In the figure: header 1, heat exchange flat tube 2, outer tube 3, graphite inner tube 4, passageway 5, copper bar 6, connect 7, spacing step 8, copper pad ring 9, bulge loop 10, heat exchange fin 11.
Detailed Description
The technical scheme of the utility model is further specifically described below through examples and with reference to the accompanying drawings.
1-4, the parallel flow corrosion-resistant multi-channel flat tube heat exchanger comprises two collecting pipes 1 and a plurality of heat exchange flat tubes 2 arranged between the two collecting pipes 1;
the heat exchange flat tube 2 consists of an outer tube 3 and a graphite inner tube 4 arranged in the outer tube 3, a plurality of channels 5 are arranged in the graphite inner tube 4, a plurality of copper bars 6 are embedded between the outer tube 3 and the graphite inner tube 4, each copper bar 6 extends along the axial direction of the heat exchange flat tube 2, the copper bars 6 have good ductility and thermal conductivity, and a certain buffer space is provided for the heat exchange flat tube 4 by being arranged between the outer tube 3 and the graphite inner tube 4, so that the damage to the graphite inner tube 4 caused by thermal expansion and contraction of the outer tube 3 can be avoided;
still include two joints 7, the inner cover that connects 7 is put and is fixed in the outer tube 3 tip outside, the inner that connects 7 still has spacing step 8, the tip and the spacing step 8 butt of outer tube 3, the tip and the spacing step 8 butt of graphite inner tube 4 are passed through copper backing ring 9, copper backing ring 9 still seals the junction of graphite inner tube 4 and outer tube 3, and in this structure, joint 7 not only carries out spacing effect to graphite inner tube 4, avoids graphite inner tube 4 to produce back-and-forth displacement, and on the other hand joint 7 still extrudees copper backing ring 9 to ensure the sealing of copper backing ring 9 to the junction of graphite inner tube 4 and outer tube 3, avoid the heat exchanger during operation medium to be permeated by the clearance between graphite inner tube 4 and the outer tube 3 tip.
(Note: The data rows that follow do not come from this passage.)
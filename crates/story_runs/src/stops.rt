//! A story with a Sentinel stopped after each of its steps.

ghost use Rattle.std.specs.Prelude.{◌≤◌, length};

use crate::laws::Breaches;
use ballot_law::{KeptText, Step};
use resp2::OutText;
use scenario_replay::{Printed, Stop, Story};
use std::alloc::Global;
use std::str;

/// What the runs of a story with a stop in it came to.
#[derive(Clone, Copy, Default, PartialEq, Eq)]
pub(crate) struct Stopped {
    /// How many steps the story has.
    pub(crate) steps: u64,
    /// How many runs were made: one for each step, each Sentinel, and each text that a stop can leave.
    pub(crate) runs: u64,
    /// How many of them were refused.
    pub(crate) refused: u64,
    /// How many of those in which the stop comes last brought something else than the story.
    pub(crate) others: u64,
    /// What their reports show against the laws.
    pub(crate) breaches: Breaches,
}

/// The reading of the clocks after this number of steps: that of the last step that has one, or 0.
fn clock_behind(steps: &[Step], count: usize) -> u64
    requires { count ≤ length steps.now }
{
    let mut clock = 0;
    for step in &steps[..count] {
        match step {
            Step::Take { input, .. } => clock = input.now,
            Step::Deliver { now, .. } => clock = *now,
            Step::Start { now, .. } => clock = *now,
            _ => {}
        }
    }
    clock
}

impl Stopped {
    /// Counts a run by what it printed; none where it was refused.
    fn count(&mut self, alloc: Global, printed: Option<&OutText>) {
        self.runs = self.runs.saturating_add(1);
        let is_counted = match printed.map(|text| str::from_utf8(text.as_slice())) {
            Some(Ok(lines)) => self.breaches.count(alloc, lines).is_ok(),
            _ => false,
        };
        if !is_counted {
            self.refused = self.refused.saturating_add(1);
        }
    }

    /// Runs the story with this Sentinel stopped after each step in turn, and leaving this text. The story itself
    /// brings these lines.
    fn stop_everywhere(
        &mut self,
        alloc: Global,
        story: &Story,
        steps: &[Step],
        sentinel: u16,
        kept: KeptText,
        lines: &[u8],
    ) {
        for behind in 1..=steps.len() {
            let stop = Stop {
                behind,
                sentinel,
                kept,
                now: clock_behind(steps, behind),
            };
            let printed = story.play(Printed::Stopped(stop)).ok();
            self.count(alloc, printed.as_ref());
            let is_as_told = printed.is_some_and(|text| text.as_slice() == lines);
            if behind == steps.len() && !is_as_told {
                self.others = self.others.saturating_add(1);
            }
        }
    }
}

/// Runs the story of these steps with a stop and a start after each of them, for each of its Sentinels and both texts.
/// The story itself brings these lines.
pub(crate) fn stop_behind_each(
    alloc: Global,
    story: &Story,
    steps: &[Step],
    sentinels: u16,
    lines: &[u8],
) -> Stopped {
    let mut all = Stopped {
        steps: steps.len() as u64,
        ..Stopped::default()
    };
    for sentinel in 0..sentinels {
        for kept in [KeptText::Old, KeptText::New] {
            all.stop_everywhere(alloc, story, steps, sentinel, kept, lines);
        }
    }
    all
}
In the structure, the multichannel graphite inner tube 4 has better corrosion resistance and heat conductivity, and the arrangement of the outer tube 3 and the copper bar 6 is matched, so that the problem that the material of the graphite inner tube 4 is softer is solved, the overall performance of the heat exchanger can be effectively improved, and the service life of the heat exchanger is prolonged.
Specifically, the outer tube 3 is an aluminum tube, and the joint 7 is an aluminum joint 7.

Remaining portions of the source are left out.